### Collected data:
Content starts
//! A change of a test in the reader's form, made in the file of which that was made.

use crate::lexemes::part;
use std::alloc::{AllocError, Global};

/// Is it the same?
fn is_same(one: &[u8], other: &[u8]) -> bool {
    one.len() == other.len() && one.starts_with(other)
}

/// The bytes from this one on up to behind the first of these, or to the end.
fn piece<'a>(text: &'a [u8], from: usize, ends: &[u8]) -> &'a [u8] {
    for at in from..text.len() {
        if ends.contains(&text[at]) {
            return part(text, from, at.saturating_add(1));
        }
    }
    part(text, from, text.len())
}

fn line_count(text: &[u8]) -> usize {
    let mut count: usize = 0;
    for byte in text {
        if *byte == b'\n' {
            count = count.saturating_add(1);
        }
    }
    count
}

/// How many bytes both begin with.
fn shared_start(one: &[u8], other: &[u8]) -> usize {
    let most = one.len().min(other.len());
    for at in 0..most {
        if one[at] != other[at] {
            return at;
        }
    }
    most
}

/// How many bytes both end with, behind the first ones.
fn shared_end(one: &[u8], other: &[u8], first: usize) -> usize {
    let most = one.len().min(other.len()).saturating_sub(first);
    for count in 0..most {
        if one[one.len() - 1 - count] != other[other.len() - 1 - count] {
            return count;
        }
    }
    most
}

/// Is the changed line the plain one with blanks in some places?
fn is_blanked(plain: &[u8], changed: &[u8]) -> bool {
    if plain.len() != changed.len() {
        return false;
    }
    for at in 0..plain.len() {
        if plain[at] != changed[at] && changed[at] != b' ' {
            return false;
        }
    }
    true
}

/// Appends the cell with what was changed in its plain form. False where that is elsewhere than in what both share.
fn push_cell(
    made: &mut Vec<u8>,
    file: &[u8],
    plain: &[u8],
    changed: &[u8],
) -> Result<bool, AllocError> {
    if is_same(plain, changed) {
        made.extend_from_slice(file)?;
        return Ok(true);
    }
    let start = shared_start(plain, changed);
    let end = shared_end(plain, changed, start);
    let (file_end, plain_end) = (
        file.len().saturating_sub(end),
        plain.len().saturating_sub(end),
    );
    if file.len() != plain.len()
        || !is_same(part(file, start, file_end), part(plain, start, plain_end))
    {
        return Ok(false);
    }
    made.extend_from_slice(part(file, 0, start))?;
    made.extend_from_slice(part(changed, start, changed.len().saturating_sub(end)))?;
    made.extend_from_slice(part(file, file_end, file.len()))?;
    Ok(true)
}

/// Appends the line with what was changed in its plain form, cell by cell. False where that can't be.
fn push_changed(
    made: &mut Vec<u8>,
    file: &[u8],
    plain: &[u8],
    changed: &[u8],
) -> Result<bool, AllocError> {
    let (mut of_file, mut of_plain, mut of_changed) = (0usize, 0usize, 0usize);
    for _ in file {
        if of_file < file.len() {
            let cell = piece(file, of_file, b"|;");
            let plain_cell = piece(plain, of_plain, b"|;");
            let changed_cell = piece(changed, of_changed, b"|;");
            if !push_cell(made, cell, plain_cell, changed_cell)? {
                return Ok(false);
            }
            of_file = of_file.saturating_add(cell.len());
            of_plain = of_plain.saturating_add(plain_cell.len());
            of_changed = of_changed.saturating_add(changed_cell.len());
        }
    }
    Ok(is_same(
        part(plain, of_plain, plain.len()),
        part(changed, of_changed, changed.len()),
    ))
}

fn is_blank(cell: &[u8]) -> bool {
    for byte in cell {
        if *byte != b' ' {
            return false;
        }
    }
    true
}

/// Does a cell end with this byte of the text?
fn ends_cell(text: &[u8], at: usize) -> bool {
    matches!(text.get(at), Some(b'|' | b';'))
}

/// Appends a line that was put in. Where a cell is blank it is as long as that of the file's line behind it.
fn push_new(made: &mut Vec<u8>, file: &[u8], line: &[u8]) -> Result<(), AllocError> {
    let (mut of_file, mut of_line) = (0usize, 0usize);
    for _ in line {
        if of_line < line.len() {
            let file_cell = piece(file, of_file, b"|;");
            let cell = piece(line, of_line, b"|;");
            let last = cell.len().saturating_sub(1);
            if ends_cell(cell, last) && is_blank(part(cell, 0, last)) {
                for _ in 1..file_cell.len() {
                    made.push(b' ')?;
                }
                made.extend_from_slice(part(cell, last, cell.len()))?;
            } else {
                made.extend_from_slice(cell)?;
            }
            of_file = of_file.saturating_add(file_cell.len());
            of_line = of_line.saturating_add(cell.len());
        }
    }
    Ok(())
}

/// The file with what was changed in its plain form, line by line: lines were put in, or some of as many are others.
/// Nothing where other changes were made, or the changed parts aren't the file's. Linear in the texts.
pub(crate) fn restored(
    alloc: Global,
    file: &[u8],
    plain: &[u8],
    changed: &[u8],
) -> Result<Option<Vec<u8>>, AllocError> {
    let has_more = line_count(changed) != line_count(plain);
    let mut made = Vec::new(alloc);
    let (mut of_file, mut of_plain, mut of_changed) = (0usize, 0usize, 0usize);
    let mut file_line = piece(file, 0, b"\n");
    let mut plain_line = piece(plain, 0, b"\n");
    for _ in changed {
        if of_changed < changed.len() {
            let line = piece(changed, of_changed, b"\n");
            of_changed = of_changed.saturating_add(line.len());
            if has_more && !is_blanked(plain_line, line) {
                push_new(&mut made, file_line, line)?;
            } else {
                if !push_changed(&mut made, file_line, plain_line, line)? {
                    return Ok(None);
                }
                of_plain = of_plain.saturating_add(plain_line.len());
                of_file = of_file.saturating_add(file_line.len());
                plain_line = piece(plain, of_plain, b"\n");
                file_line = piece(file, of_file, b"\n");
            }
        }
    }
    if of_plain < plain.len() || of_file < file.len() {
        return Ok(None);
    }
    Ok(Some(made))
}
Content ends
### Instructions to follow:
Copy out each record above exactly, leaving nothing out.

### Solution for this problem:
//! A change of a test in the reader's form, made in the file of which that was made.

use crate::lexemes::part;
use std::alloc::{AllocError, Global};

/// Is it the same?
fn is_same(one: &[u8], other: &[u8]) -> bool {
    one.len() == other.len() && one.starts_with(other)
}

/// The bytes from this one on up to behind the first of these, or to the end.
fn piece<'a>(text: &'a [u8], from: usize, ends: &[u8]) -> &'a [u8] {
    for at in from..text.len() {
        if ends.contains(&text[at]) {
            return part(text, from, at.saturating_add(1));
        }
    }
    part(text, from, text.len())
}

fn line_count(text: &[u8]) -> usize {
    let mut count: usize = 0;
    for byte in text {
        if *byte == b'\n' {
            count = count.saturating_add(1);
        }
    }
    count
}

/// How many bytes both begin with.
fn shared_start(one: &[u8], other: &[u8]) -> usize {
    let most = one.len().min(other.len());
    for at in 0..most {
        if one[at] != other[at] {
            return at;
        }
    }
    most
}

/// How many bytes both end with, behind the first ones.
fn shared_end(one: &[u8], other: &[u8], first: usize) -> usize {
    let most = one.len().min(other.len()).saturating_sub(first);
    for count in 0..most {
        if one[one.len() - 1 - count] != other[other.len() - 1 - count] {
            return count;
        }
    }
    most
}

/// Is the changed line the plain one with blanks in some places?
fn is_blanked(plain: &[u8], changed: &[u8]) -> bool {
    if plain.len() != changed.len() {
        return false;
    }
    for at in 0..plain.len() {
        if plain[at] != changed[at] && changed[at] != b' ' {
            return false;
        }
    }
    true
}

/// Appends the cell with what was changed in its plain form. False where that is elsewhere than in what both share.
fn push_cell(
    made: &mut Vec<u8>,
    file: &[u8],
    plain: &[u8],
    changed: &[u8],
) -> Result<bool, AllocError> {
    if is_same(plain, changed) {
        made.extend_from_slice(file)?;
        return Ok(true);
    }
    let start = shared_start(plain, changed);
    let end = shared_end(plain, changed, start);
    let (file_end, plain_end) = (
        file.len().saturating_sub(end),
        plain.len().saturating_sub(end),
    );
    if file.len() != plain.len()
        || !is_same(part(file, start, file_end), part(plain, start, plain_end))
    {
        return Ok(false);
    }
    made.extend_from_slice(part(file, 0, start))?;
    made.extend_from_slice(part(changed, start, changed.len().saturating_sub(end)))?;
    made.extend_from_slice(part(file, file_end, file.len()))?;
    Ok(true)
}

/// Appends the line with what was changed in its plain form, cell by cell. False where that can't be.
fn push_changed(
    made: &mut Vec<u8>,
    file: &[u8],
    plain: &[u8],
    changed: &[u8],
) -> Result<bool, AllocError> {
    let (mut of_file, mut of_plain, mut of_changed) = (0usize, 0usize, 0usize);
    for _ in file {
        if of_file < file.len() {
            let cell = piece(file, of_file, b"|;");
            let plain_cell = piece(plain, of_plain, b"|;");
            let changed_cell = piece(changed, of_changed, b"|;");
            if !push_cell(made, cell, plain_cell, changed_cell)? {
                return Ok(false);
            }
            of_file = of_file.saturating_add(cell.len());
            of_plain = of_plain.saturating_add(plain_cell.len());
            of_changed = of_changed.saturating_add(changed_cell.len());
        }
    }
    Ok(is_same(
        part(plain, of_plain, plain.len()),
        part(changed, of_changed, changed.len()),
    ))
}

fn is_blank(cell: &[u8]) -> bool {
    for byte in cell {
        if *byte != b' ' {
            return false;
        }
    }
    true
}

/// Does a cell end with this byte of the text?
fn ends_cell(text: &[u8], at: usize) -> bool {
    matches!(text.get(at), Some(b'|' | b';'))
}

/// Appends a line that was put in. Where a cell is blank it is as long as that of the file's line behind it.
fn push_new(made: &mut Vec<u8>, file: &[u8], line: &[u8]) -> Result<(), AllocError> {
    let (mut of_file, mut of_line) = (0usize, 0usize);
    for _ in line {
        if of_line < line.len() {
            let file_cell = piece(file, of_file, b"|;");
            let cell = piece(line, of_line, b"|;");
            let last = cell.len().saturating_sub(1);
            if ends_cell(cell, last) && is_blank(part(cell, 0, last)) {
                for _ in 1..file_cell.len() {
                    made.push(b' ')?;
                }
                made.extend_from_slice(part(cell, last, cell.len()))?;
            } else {
                made.extend_from_slice(cell)?;
            }
            of_file = of_file.saturating_add(file_cell.len());
            of_line = of_line.saturating_add(cell.len());
        }
    }
    Ok(())
}

/// The file with what was changed in its plain form, line by line: lines were put in, or some of as many are others.
/// Nothing where other changes were made, or the changed parts aren't the file's. Linear in the texts.
pub(crate) fn restored(
    alloc: Global,
    file: &[u8],
    plain: &[u8],
    changed: &[u8],
) -> Result<Option<Vec<u8>>, AllocError> {
    let has_more = line_count(changed) != line_count(plain);
    let mut made = Vec::new(alloc);
    let (mut of_file, mut of_plain, mut of_changed) = (0usize, 0usize, 0usize);
    let mut file_line = piece(file, 0, b"\n");
    let mut plain_line = piece(plain, 0, b"\n");
    for _ in changed {
        if of_changed < changed.len() {
            let line = piece(changed, of_changed, b"\n");
            of_changed = of_changed.saturating_add(line.len());
            if has_more && !is_blanked(plain_line, line) {
                push_new(&mut made, file_line, line)?;
            } else {
                if !push_changed(&mut made, file_line, plain_line, line)? {
                    return Ok(None);
                }
                of_plain = of_plain.saturating_add(plain_line.len());
                of_file = of_file.saturating_add(file_line.len());
                plain_line = piece(plain, of_plain, b"\n");
                file_line = piece(file, of_file, b"\n");
            }
        }
    }
    if of_plain < plain.len() || of_file < file.len() {
        return Ok(None);
    }
    Ok(Some(made))
}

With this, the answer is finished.